On Symmetric and Asymmetric LSHs for Inner Product Search

Published 21 Oct 2014 in stat.ML, cs.DS, cs.IR, and cs.LG | (1410.5518v3)

Abstract: We consider the problem of designing locality sensitive hashes (LSH) for inner product similarity, and of the power of asymmetric hashes in this context. Shrivastava and Li argue that there is no symmetric LSH for the problem and propose an asymmetric LSH based on different mappings for query and database points. However, we show there does exist a simple symmetric LSH that enjoys stronger guarantees and better empirical performance than the asymmetric LSH they suggest. We also show a variant of the settings where asymmetry is in-fact needed, but there a different asymmetric LSH is required.

Abstract PDF Upgrade to Chat

Citations (165)

View on Semantic Scholar

Summary

The paper demonstrates that a symmetric Locality Sensitive Hashing (LSH) exists for Maximum Inner Product Search (MIPS) under specific data normalization and boundedness conditions, challenging prior claims.
The research identifies key parameter restrictions, showing symmetric LSH is sufficient when queries are normalized and data points are bounded, outperforming previous asymmetric methods in these cases.
Empirical evaluations support the proposed symmetric LSH's superior performance and applicability, encouraging more efficient and parameter-free hashing models in practice.

An Insight into Locality Sensitive Hashing for Inner Product Search

The paper "On Symmetric and Asymmetric LSHs for Inner Product Search," authored by Behnam Neyshabur and Nathan Srebro, deals with explorations into Locality Sensitive Hashing (LSH) applicable to Maximum Inner Product Search (MIPS). Addressing the limitations and capabilities of symmetric and asymmetric LSH when applied to inner product similarity, this research unveils critical findings relevant to efficient data retrieval in high-dimensional spaces.

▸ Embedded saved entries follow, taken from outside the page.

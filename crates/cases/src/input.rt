// The input, of which a part is in memory.

ghost use Rattle.std.specs.Prelude.{◌≡◌, ◌≤◌, ◌-◌, false, length};

use std::io::Read;
use streams::Lost;

// The part in memory: the buffer begins with byte `base` of the input, and holds it up to `to`. What is before `from`
// is served. The input has ended, or more may come.
#[derive(Drop)]
pub(crate) struct Window<'a> {
    buffer: &'a mut [u8],
    base: u64,
    from: usize,
    to: usize,
    ended: bool,
    ghost in_order: { from ≤ to },
    ghost within: { to ≤ length buffer.now },
}

// Whether the field with which s begins is decided: it is whole, or malformed by its head, whatever follows. The head
// is read here, since `fields::head` gives none where the end cuts the body.
fn is_decided(s: &[u8]) -> bool {
    s.split_first_chunk::<3>().is_some_and(|(head, rest)| {
        let size = wire::pair(&head[1..]);
        !case_files::may_have(head[0], size) || size <= rest.len()
    })
}

// The byte of the input at a place of the buffer, which begins with byte b. No input is so long that it comes to 2^63.
fn place(b: u64, p: usize) -> u64 {
    if b < 1 << 63 {
        b.saturating_add(p as u64)
    } else {
        b
    }
}

impl<'a> Window<'a> {
    // Nothing is in memory yet.
    pub(crate) fn new(buffer: &'a mut [u8]) -> Window<'a>
        ensures { (result.base ≡ 0) × (result.from ≡ 0) × (result.to ≡ 0) × (result.ended ≡ false) }
    {
        Window {
            buffer,
            base: 0,
            from: 0,
            to: 0,
            ended: false,
        }
    }
}

impl Window<'_> {
    // What is not served.
    pub(crate) fn part(&self) -> &[u8]
        ensures { length result.now ≡ self.now.to - self.now.from }
    {
        &self.buffer[self.from..self.to]
    }

    // The byte of the input at which that begins.
    pub(crate) fn begins(&self) -> u64 {
        place(self.base, self.from)
    }

    // Whether more has to come before a field can be served.
    pub(crate) fn waits(&self) -> bool {
        !self.ended && !is_decided(self.part())
    }

    // The field with which the part begins is served.
    pub(crate) fn pass(&mut self) {
        self.from += fields::end(self.part());
    }

    // What is not served, moved to the front, and what one read gives behind it.
    pub(crate) fn refill(&mut self, rt: &impl Eprint, input: &mut impl Read) -> Result<(), Lost> {
        let left = self.to - self.from;
        self.base = place(self.base, self.from);
        self.buffer.copy_within(self.from..self.to, 0);
        self.from = 0;
        let more = streams::receive(rt, input, &mut self.buffer[left..], place(self.base, left))?;
        self.to = left + more.unwrap_or(0);
        self.ended = more.is_none();
        Ok(())
    }
}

Traditionally, LSH has been a pivotal technique for approximate nearest neighbor search due to its transformability to hash functions that decrease dimensionality while preserving distance properties. However, challenges arise when adapting LSH to inner product similarity, a core operation in many machine learning applications, such as recommendation systems, multi-class prediction, and vision tasks.

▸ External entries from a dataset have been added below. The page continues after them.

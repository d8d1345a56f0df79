// The search of the current case: how it starts, what an answer comes to, and the lines that close its case.

use backtracking::Backtracking;
use bodies::{BacktrackingStart, HagerZhangStart, Reply};
use hagerzhang::Search;
use refusals::Refusal;
use runs::{Counts, Evaluations, Iterations, Machine, Outcome, Turn};
use text::Cursor;

// It holds no `seats::Held`: the lines that close a case differ by kind, so both would be matched on all the same.
#[derive(Clone, Copy)]
pub(crate) enum Current {
    // before the first case, and after a dot or a point: there is none, and no answer may come
    Free,
    // its start was refused
    NoSearch,
    HagerZhang(Search),
    Backtracks(Backtracking),
}

impl Current {
    // Whether an answer may come.
    pub(crate) fn is_searching(self) -> bool {
        !matches!(self, Current::Free)
    }
}

// What a start or an answer comes to, with the counts that its line shows. It is no `Turn`: where a start was refused
// there is no search that has counted.
#[derive(Clone, Copy)]
pub(crate) struct Told {
    pub(crate) current: Current,
    pub(crate) outcome: Outcome,
    pub(crate) counts: Counts,
}

const NOTHING: Counts = Counts {
    evaluations: Evaluations(0),
    iterations: Iterations(0),
};

fn refused(r: Refusal) -> Told {
    Told {
        current: Current::NoSearch,
        outcome: Outcome::Refused(r),
        counts: NOTHING,
    }
}

// A turn of either kind; `kind` is the case of `Current` that its search is.
fn turned<M: Machine, K: FnOnce(M) -> Current>(t: Turn<M>, kind: K) -> Told
    requires { K.IsAlwaysCallable kind }
{
    Told {
        current: kind(t.search),
        outcome: t.outcome,
        counts: t.search.counts(),
    }
}

// A start of either kind.
fn started<M: Machine, K: FnOnce(M) -> Current>(r: Result<Turn<M>, Refusal>, kind: K) -> Told
    requires { K.IsAlwaysCallable kind }
{
    match r {
        Ok(t) => turned(t, kind),
        Err(refusal) => refused(refusal),
    }
}

pub(crate) fn hager_zhang(b: HagerZhangStart) -> Told {
    started(
        hagerzhang::start(b.options, b.f0, b.s0),
        Current::HagerZhang,
    )
}

pub(crate) fn backtracks(b: BacktrackingStart) -> Told {
    started(
        backtracking::start(b.options, b.f0, b.s0),
        Current::Backtracks,
    )
}

// An answer. Where the start was refused there is nobody else to refuse it; where there is no case the field is
// malformed, and never comes here.
pub(crate) fn answered(current: Current, y: Reply) -> Told {
    match current {
        Current::Free | Current::NoSearch => refused(Refusal::AlreadyOver),
        Current::HagerZhang(s) => turned(s.answer(y.cost, y.slope), Current::HagerZhang),
        Current::Backtracks(s) => turned(s.answer(y.cost, y.slope), Current::Backtracks),
    }
}

// The closing lines.
pub(crate) fn closed(page: &mut Cursor, current: Current) {
    match current {
        Current::Free => {}
        Current::NoSearch => lines::no_bracket(page, NOTHING),
        Current::HagerZhang(s) => lines::closing(page, s),
        Current::Backtracks(s) => lines::no_bracket(page, s.counts()),
    }
}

Historically, it was contended that symmetric LSH is inapplicable for inner product search over the entire Euclidean space, leading to the proposal of asymmetric LSH variants. This paper distinguishes itself by demonstrating the existence of a symmetric LSH under specific normalizing conditions, effectively challenging prior conclusions.

Research Contributions and Findings

The authors critically assess previous work by Shrivastava, which claimed no symmetric LSH exists for MIPS, necessitating an asymmetric approach. Through rigorous mathematical formulation and probabilistic analysis, Neyshabur and Srebro counter this by showing a simple symmetric LSH, which outperforms the aforementioned methods under normalized query and bounded data assumptions.
The research identifies parameter restrictions and comparisons between symmetric and asymmetric LSH. It defines scenarios where symmetric hashing suffices, such as when queries are normalized and data points are bounded within the unit sphere.
Empirical evaluations accentuate the superior performance and applicability of this symmetric LSH over previously proposed methods, such as l2-alsh and sign-alsh. The symmetric version exhibits improved hashing quality and theoretical properties, suggesting enhanced retrieval precision with simpler, more universal implementations.
The paper also dissects conditions under which asymmetric hashing indeed offers benefits, particularly when no a priori normalization is applied to the data. The findings establish that although symmetric hashes suffice in particular tailored settings, asymmetric hashes retain worth in their broader, unconditional application scenarios.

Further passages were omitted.